На деле это оказалось не так. Однажды, когда моё помещение было занято секретарём партийной организации, а я гулял по главной дороге лагеря с Ициксоном в ожидании возможности попасть домой, ко мне подошел оперуполномоченный:
— Ну, как? Картина готова? Пойдемте-ка, посмотрим.
Я несколько растерялся и, замявшись, ответил, что помещение закрыто и, видимо, ключ взял с собой Голанков, ушедший на зону.
— Голанков? — сказал Зайцев. — Голанков дома. Он, вероятно, изнутри запёрся, пойдёмте постучим.
Ситуация для меня была не из приятных: явившись к дому вместе с чекистом, я явно должен был дать повод подумать, что привёл его туда сам. Однако выхода у меня не было. Подойдя к крыльцу, Зайцев приказал мне стучать в дверь, а сам остался в стороне. На мои стуки никто не откликнулся, и я, обернувшись, заявил:
— Никого нет.
— Есть, — спокойно сказал Зайцев и стал барабанить в дверь кулаками, — откройте, здесь оперуполномоченный.
Дверь приоткрылась, мимо нас прошмыгнула женская фигура, закутанная в платок, и побежала в женскую зону.
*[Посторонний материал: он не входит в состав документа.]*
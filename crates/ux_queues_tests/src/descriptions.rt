//! A description of each kind, and what a socket does with what is sent to it. The helpers promise
//! nothing, so that the proofs needn't follow a socket through a test.
ghost use Rattle.std.specs.Prelude.{◌≡◌};

use crate::values::{expect_references, path, references};
use std::alloc::{AllocError, Global};
use std::process::Abort;
use ux_backlog::PushError;
use ux_description::{Description, Socket, Target};
use ux_record::Peeked;
use ux_rights::{Draft, RefList, SendError};
use ux_types::{Addr, Bytes, Cred, DescriptionId, Mode, OpenFlags, Pid, SockType};

fn user() -> Cred {
    Cred {
        pid: Pid(1),
        uid: 1000,
        gid: 1000,
    }
}

/// One end of a pair, whose other end has number 4.
fn pair_end(alloc: Global) -> Socket {
    Socket::pair_end(alloc, SockType::Stream, DescriptionId::new(4), user())
}

/// What the user 1000 sends by a call.
fn draft(tag: u64, bytes: &Bytes) -> Draft<'_>
    ensures { result.bytes.now ≡ bytes.now }
{
    Draft {
        tag,
        bytes,
        cred: user(),
        uid: 1000,
    }
}

/// Sends, of which so many bytes are taken.
fn send(rt: &impl Abort, s: &mut Socket, bytes: &Bytes, rights: RefList, count: usize) {
    assert!(rt; !bytes.is_empty());
    match s.send(draft(1, bytes), rights, None) {
        Ok(sent) => assert!(rt; sent == count),
        Err(_) => assert!(rt; false),
    }
}

/// Sees that these references were taken off, of which the user sent all.
fn expect_skip(rt: &impl Abort, skipped: (RefList, Option<u32>), numbers: &[u128]) {
    let (rights, sender) = skipped;
    expect_references(rt, &rights, numbers);
    assert!(rt; sender == if numbers.is_empty() { None } else { Some(1000) });
}

/// Sends where there is no room, which gives these references back.
fn expect_full(rt: &impl Abort, s: &mut Socket, rights: RefList, numbers: &[u128]) {
    match s.send(draft(3, &Bytes::short(b"z")), rights, None) {
        Ok(_) => assert!(rt; false),
        Err(unsent) => {
            assert!(rt; unsent.error == SendError::Full);
            expect_references(rt, &unsent.rights, numbers);
        }
    }
}

/// Sees what a receive gave.
fn expect(rt: &impl Abort, received: Peeked, bytes: &[u8], numbers: &[u128]) {
    assert!(rt; received.bytes.as_slice() == bytes);
    expect_references(rt, &received.rights, numbers);
}

/// Takes these bytes with these rights off.
fn take(
    rt: &impl Abort,
    alloc: Global,
    s: &mut Socket,
    n: usize,
    bytes: &[u8],
    numbers: &[u128],
) -> Result<(), AllocError> {
    assert!(rt; !s.is_empty());
    expect(rt, s.peek(alloc, n)?, bytes, numbers);
    expect_skip(rt, s.skip(n), numbers);
    Ok(())
}

#[test]
fn a_file_has_no_socket(rt: HostRuntime) {
    let mut d = Description::of_object(3, Mode::Write, OpenFlags(1));
    d.set_offset(7);
    d.set_reset(true);
    assert!(rt; d.object() == Some(3) && d.socket().is_none() && d.lost_peer().is_none());
    assert!(rt; d.offset() == 7 && d.mode() == Mode::Write);
    assert!(rt; d.append() && !d.nonblock());
    d.set_flags(OpenFlags(2));
    assert!(rt; !d.append() && d.nonblock());
    match d.into_target() {
        Target::Object(o) => assert!(rt; o == 3),
        Target::Socket(_) => assert!(rt; false),
    }
}

#[test]
fn a_socket_keeps_what_was_sent(rt: HostRuntime) -> Result<(), AllocError> {
    let alloc = rt.alloc();
    let mut s = pair_end(alloc);
    assert!(rt; s.peer() == Some(DescriptionId::new(4)) && *s.name() == Addr::Unnamed);
    assert!(rt; !s.passcred() && s.has_room());
    send(&rt, &mut s, &Bytes::short(b"abc"), RefList::new(alloc), 3);
    send(
        &rt,
        &mut s,
        &Bytes::short(b"de"),
        references(alloc, &[9, 7])?,
        2,
    );
    take(&rt, alloc, &mut s, 2, b"ab", &[])?;
    assert!(rt; !s.is_empty());
    expect(&rt, s.peek(alloc, 9)?, b"cde", &[9, 7]);
    take(&rt, alloc, &mut s, 9, b"cde", &[9, 7])?;
    assert!(rt; s.is_empty() && s.pop_message().is_none());
    Ok(())
}

#[test]
fn a_full_socket_gives_rights_back(rt: HostRuntime) -> Result<(), AllocError> {
    let alloc = rt.alloc();
    let mut s = pair_end(alloc);
    let most = Bytes::new(vec![in alloc; b'x'; 65535]?)?;
    send(&rt, &mut s, &most, references(alloc, &[5, 6])?, 65535);
    send(
        &rt,
        &mut s,
        &Bytes::short(b"yz"),
        references(alloc, &[8, 8])?,
        1,
    );
    expect_full(&rt, &mut s, references(alloc, &[1, 2])?, &[1, 2]);
    for numbers in [[5, 6], [8, 8]] {
        match s.pop_message() {
            Some((rights, uid)) => {
                expect_references(&rt, &rights, &numbers);
                assert!(rt; uid == 1000);
            }
            None => assert!(rt; false),
        }
    }
    assert!(rt; s.is_empty() && s.has_room() && s.pop_pending().is_none());
    Ok(())
}

#[test]
fn unread_messages_reset_the_peer(rt: HostRuntime) -> Result<(), AllocError> {
    let alloc = rt.alloc();
    let mut d = Description::of_socket(OpenFlags(0), pair_end(alloc));
    assert!(rt; d.object().is_none() && d.lost_peer().is_none());
    let sent = d.send(draft(1, &Bytes::short(b"ab")), RefList::new(alloc), None);
    assert!(rt; sent.is_ok_and(|count| count == 2));
    assert!(rt; d.lost_peer() == Some(DescriptionId::new(4)));
    assert!(rt; d.socket().is_some_and(|s| !s.is_empty()));
    expect_skip(&rt, d.skip(2), &[]);
    assert!(rt; d.socket().is_some_and(|s| s.is_empty()) && d.lost_peer().is_none());
    d.set_reset(true);
    assert!(rt; d.socket().is_some_and(|s| s.reset()));
    d.set_reset(false);
    assert!(rt; d.socket().is_some_and(|s| !s.reset()));
    Ok(())
}

/// The types, and whether each is a stream and whether it takes datagrams (socket(2)).
const TYPES: &[(SockType, bool, bool)] = &[
    (SockType::Stream, true, false),
    (SockType::Dgram, false, true),
    (SockType::Seq, false, false),
];

#[test]
fn a_new_socket_is_open_both_ways_and_tied_to_nobody(rt: HostRuntime) {
    for (kind, stream, datagram) in TYPES {
        let s = Socket::new(rt.alloc(), *kind);
        assert!(rt; s.is_stream() == *stream && s.is_datagram() == *datagram);
        assert!(rt; !s.is_read_shut() && !s.is_write_shut());
        assert!(rt; s.queue_limit() == 65536 && s.peer_cred().is_none());
        assert!(rt; s.tied_socket().is_none());
    }
}

/// What is shut down, what is shut down behind that, and whether reading and writing are then (shutdown(2)).
const SHUT: &[(Mode, Mode, bool, bool)] = &[
    (Mode::Read, Mode::Read, true, false),
    (Mode::Write, Mode::Write, false, true),
    (Mode::Read, Mode::Write, true, true),
    (Mode::Both, Mode::Read, true, true),
    (Mode::Both, Mode::Write, true, true),
];

/// Sees in which directions a socket is shut down.
fn expect_shut(rt: &impl Abort, d: &Description, read: bool, write: bool) {
    match d.socket() {
        Some(s) => assert!(rt; s.is_read_shut() == read && s.is_write_shut() == write),
        None => assert!(rt; false),
    }
}

#[test]
fn what_is_shut_down_stays_so(rt: HostRuntime) {
    for (first, second, read, write) in SHUT {
        let mut d = Description::of_socket(OpenFlags(0), pair_end(rt.alloc()));
        d.shut_down(*first);
        d.shut_down(*second);
        expect_shut(&rt, &d, *read, *write);
    }
}

#[test]
fn a_lowered_limit_drops_nothing(rt: HostRuntime) -> Result<(), AllocError> {
    let alloc = rt.alloc();
    let mut s = pair_end(alloc);
    s.set_queue_limit(5);
    send(&rt, &mut s, &Bytes::short(b"abc"), RefList::new(alloc), 3);
    send(&rt, &mut s, &Bytes::short(b"defg"), RefList::new(alloc), 2);
    s.set_queue_limit(4);
    assert!(rt; s.queue_limit() == 4 && !s.has_room());
    take(&rt, alloc, &mut s, 1, b"a", &[])?;
    // As many wait as there may.
    assert!(rt; !s.has_room());
    take(&rt, alloc, &mut s, 1, b"b", &[])?;
    assert!(rt; s.has_room());
    send(&rt, &mut s, &Bytes::short(b"xy"), RefList::new(alloc), 1);
    take(&rt, alloc, &mut s, 9, b"cdex", &[])
}

/// Sends a byte as a user of the number 5.
fn send_as_another(rt: &impl Abort, alloc: Global, s: &mut Socket) {
    let bytes = Bytes::short(b"c");
    assert!(rt; !bytes.is_empty());
    let other = Draft {
        tag: 2,
        bytes: &bytes,
        cred: Cred { uid: 5, ..user() },
        uid: 5,
    };
    let sent = s.send(other, RefList::new(alloc), None);
    assert!(rt; sent.is_ok_and(|count| count == 1));
}

#[test]
fn with_credentials_a_receive_ends_before_another_sender(
    rt: HostRuntime,
) -> Result<(), AllocError> {
    let alloc = rt.alloc();
    let mut s = pair_end(alloc);
    send(&rt, &mut s, &Bytes::short(b"ab"), RefList::new(alloc), 2);
    send_as_another(&rt, alloc, &mut s);
    assert!(rt; !s.is_empty());
    expect(&rt, s.peek(alloc, 9)?, b"abc", &[]);
    s.set_passcred(true);
    assert!(rt; s.passcred());
    assert!(rt; !s.is_empty());
    expect(&rt, s.peek(alloc, 9)?, b"ab", &[]);
    s.set_passcred(false);
    assert!(rt; !s.passcred());
    assert!(rt; !s.is_empty());
    expect(&rt, s.peek(alloc, 9)?, b"abc", &[]);
    Ok(())
}

/// The credentials of a process that listens.
const SERVER: Cred = Cred {
    pid: Pid(2),
    uid: 5,
    gid: 6,
};

#[test]
fn each_end_has_the_credentials_of_the_other(rt: HostRuntime) -> Result<(), AllocError> {
    let alloc = rt.alloc();
    let mut listener = Socket::new(alloc, SockType::Stream);
    listener.listen(alloc, 1, SERVER);
    let end = listener.server_end(alloc, DescriptionId::new(7), user())?;
    assert!(rt; end.peer_cred() == Some(user()));
    let mut client = Description::of_socket(OpenFlags(0), Socket::new(alloc, SockType::Stream));
    if let Some(cred) = listener.listener_cred() {
        client.tie(DescriptionId::new(3), cred);
    }
    assert!(rt;
        client
            .socket()
            .is_some_and(|s| s.peer_cred() == Some(SERVER))
    );
    assert!(rt; listener.peer_cred().is_none());
    assert!(rt; pair_end(alloc).peer_cred() == Some(user()));
    Ok(())
}

/// One more end waits, or the backlog is full.
fn expect_push(rt: &impl Abort, s: &mut Socket, end: u128, answer: Result<(), PushError>) {
    assert!(rt; s.is_listening());
    assert!(rt; s.push_pending(DescriptionId::new(end)) == answer);
}

#[test]
fn a_listener_keeps_its_ends_when_it_listens_again(rt: HostRuntime) -> Result<(), AllocError> {
    let alloc = rt.alloc();
    let mut s = Socket::new(alloc, SockType::Stream);
    assert!(rt; s.kind() == SockType::Stream && s.backlog().is_none() && s.is_unnamed());
    s.set_name(path(alloc, b"a")?);
    s.listen(alloc, 2, user());
    expect_push(&rt, &mut s, 8, Ok(()));
    expect_push(&rt, &mut s, 9, Ok(()));
    expect_push(&rt, &mut s, 10, Err(PushError::Full));
    s.listen(alloc, 3, Cred { uid: 5, ..user() });
    assert!(rt; s.listener_cred().is_some_and(|cred| cred.uid == 5));
    expect_push(&rt, &mut s, 10, Ok(()));
    assert!(rt; s.pop_pending() == Some(DescriptionId::new(8)));
    assert!(rt; s.backlog().is_some_and(|backlog| backlog.len() == 2));
    Ok(())
}

#[test]
fn a_server_end_shows_its_listeners_name(rt: HostRuntime) -> Result<(), AllocError> {
    let alloc = rt.alloc();
    let mut listener = Socket::new(alloc, SockType::Stream);
    listener.set_name(path(alloc, b"a")?);
    listener.listen(alloc, 1, user());
    let mut end = listener.server_end(alloc, DescriptionId::new(7), user())?;
    assert!(rt; *end.name() == path(alloc, b"a")?);
    assert!(rt; end.peer() == Some(DescriptionId::new(7)));
    assert!(rt; end.is_connected() && end.resets_peer());
    end.set_accepted();
    assert!(rt; !end.resets_peer());
    let mut client = Description::of_socket(OpenFlags(0), Socket::new(alloc, SockType::Stream));
    client.tie(DescriptionId::new(3), user());
    client.set_accepted(OpenFlags(2));
    assert!(rt; client.nonblock());
    assert!(rt;
        client
            .socket()
            .is_some_and(|s| s.peer() == Some(DescriptionId::new(3)))
    );
    assert!(rt; client.abstract_name().is_none());
    Ok(())
}

/// Takes one message off, of which so many bytes are asked for.
fn take_message(
    rt: &impl Abort,
    alloc: Global,
    s: &mut Socket,
    n: usize,
    bytes: &[u8],
    whole: usize,
    from: Option<&Addr>,
) -> Result<(), AllocError> {
    assert!(rt; !s.is_empty());
    let front = s.peek(alloc, n)?;
    assert!(rt; front.whole == whole);
    assert!(rt; front.from.as_ref() == from);
    expect(rt, front, bytes, &[]);
    expect_skip(rt, s.skip(n), &[]);
    Ok(())
}

#[test]
fn a_datagram_is_taken_whole(rt: HostRuntime) -> Result<(), AllocError> {
    let alloc = rt.alloc();
    let mut s = Socket::new(alloc, SockType::Dgram);
    let from = Some(path(alloc, b"a")?);
    let sent = s.send(draft(1, &Bytes::short(b"abc")), RefList::new(alloc), from);
    assert!(rt; sent.is_ok_and(|count| count == 3));
    let sent = s.send(draft(2, &Bytes::empty()), RefList::new(alloc), None);
    assert!(rt; sent.is_ok_and(|count| count == 0));
    take_message(&rt, alloc, &mut s, 2, b"ab", 3, Some(&path(alloc, b"a")?))?;
    take_message(&rt, alloc, &mut s, 2, b"", 0, None)?;
    assert!(rt; s.is_empty());
    assert!(rt; s.kind() == SockType::Dgram);
    assert!(rt; !s.resets_peer());
    Ok(())
}

#[test]
fn sixteen_records_wait(rt: HostRuntime) -> Result<(), AllocError> {
    let alloc = rt.alloc();
    let mut s = Socket::new(alloc, SockType::Seq);
    for _ in 0..16 {
        assert!(rt; s.has_room());
        let sent = s.send(draft(1, &Bytes::short(b"x")), RefList::new(alloc), None);
        assert!(rt; sent.is_ok());
    }
    assert!(rt; !s.has_room());
    expect_full(&rt, &mut s, references(alloc, &[1, 2])?, &[1, 2]);
    assert!(rt; s.pop_message().is_some());
    assert!(rt; s.has_room());
    Ok(())
}

#[test]
fn an_associated_socket_takes_from_its_target_alone(rt: HostRuntime) {
    let alloc = rt.alloc();
    let (target, other) = (DescriptionId::new(7), DescriptionId::new(8));
    let mut s = Socket::new(alloc, SockType::Dgram);
    assert!(rt; s.takes_from(target) && s.takes_from(other));
    s.set_association(Some(target));
    assert!(rt; s.takes_from(target) && !s.takes_from(other));
    assert!(rt; s.association() == Some(target));
    assert!(rt; s.peer().is_none());
    assert!(rt; s.tied_socket() == Some(target));
    s.set_association(None);
    assert!(rt; s.association().is_none() && s.takes_from(other));
    let mut end = pair_end(alloc);
    end.set_association(None);
    assert!(rt; end.peer() == Some(DescriptionId::new(4)));
}
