//! Names, each with the number that it means.

ghost use Rattle.ux_script_names.specs.Words.{meaning_in};

use crate::words::Meanings;
use std::alloc::{AllocError, Global};

/// A name, and the number that it means.
#[derive(Debug, Drop)]
pub struct Named {
    pub name: Vec<u8>,
    pub number: u32,
}

impl Named {
    /// A copy of the name, with this number.
    pub(crate) fn new(alloc: Global, name: &[u8], number: u32) -> Result<Named, AllocError> {
        Ok(Named {
            name: Vec::from_slice(alloc, name)?,
            number,
        })
    }
}

/// The first of a name means what the name means.
impl Meanings for Vec<Named> {
    ghost meaning = { λ names. meaning_in names.items };

    fn number_of(&self, name: &[u8]) -> Option<u32> {
        for named in self {
            if named.name.as_slice() == name {
                return Some(named.number);
            }
        }
        None
    }
}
За ней вышел несколько сконфуженный секретарь.
— Отдайте художнику ключ и пойдёмте со мной прогуляться, — любезно промолвил Зайцев.
На этом визиты прекратились. Секретарь партийной организации был снят со своей должности, освобождён от работы и исчез с нашего горизонта. Что с ним стало потом, мне неизвестно, но на мне это никак не отразилось, ключей больше никто не просил, и мы с Голанковым избавились от неприятной обязанности быть хозяевами «дома свиданий начальствующего состава». К сожалению, сам Саша Голанков был большой донжуан, и мне часто приходилось быть свидетелем его любовных приключений, когда он на ночь приводил свою очередную «невесту».
Меня очень удивляла беззастенчивость этих дам, из которых одна была вольная и занимала должность начальницы культурно-воспитательной части. Очевидно, её увлечение тоже стало известно оперуполномоченному, и она была переведена в другой лагпункт, а к нам вместо неё явился очень молодой и очень симпатичный младший лейтенант Лебедев, лет, вероятно, девятнадцати.
Расставаясь с Голанковым, начальница плакала и причитала: — Саша, Саша, как я без тебя буду.
Сам Саша был очень рад от неё избавиться и привёл на следующую ночь дебелую волжскую немку, которую, по его словам, он отбил от хлебореза, жуликоватого еврея, работавшего на воле в торговом аппарате. Свою должность в лагере он, видимо, тоже рассматривал, как торговое предприятие, так как при его освобождении, происшедшем при мне, у него обнаружилось тысяч пятьдесят денег, обстоятельство, несколько задержавшее его освобождение. Однако начальство не могло или не хотело доказать его злоупотребления, и дело ограничилось конфискацией этих денег, а сам он уехал безнаказанно продолжать свою деятельность на воле.
128 Васнецов Виктор Михайлович (03.05.1848–23.07.1926), сын священника. Русский живописец-реалист. С 1878 г. член Товарищества передвижных художественных выставок.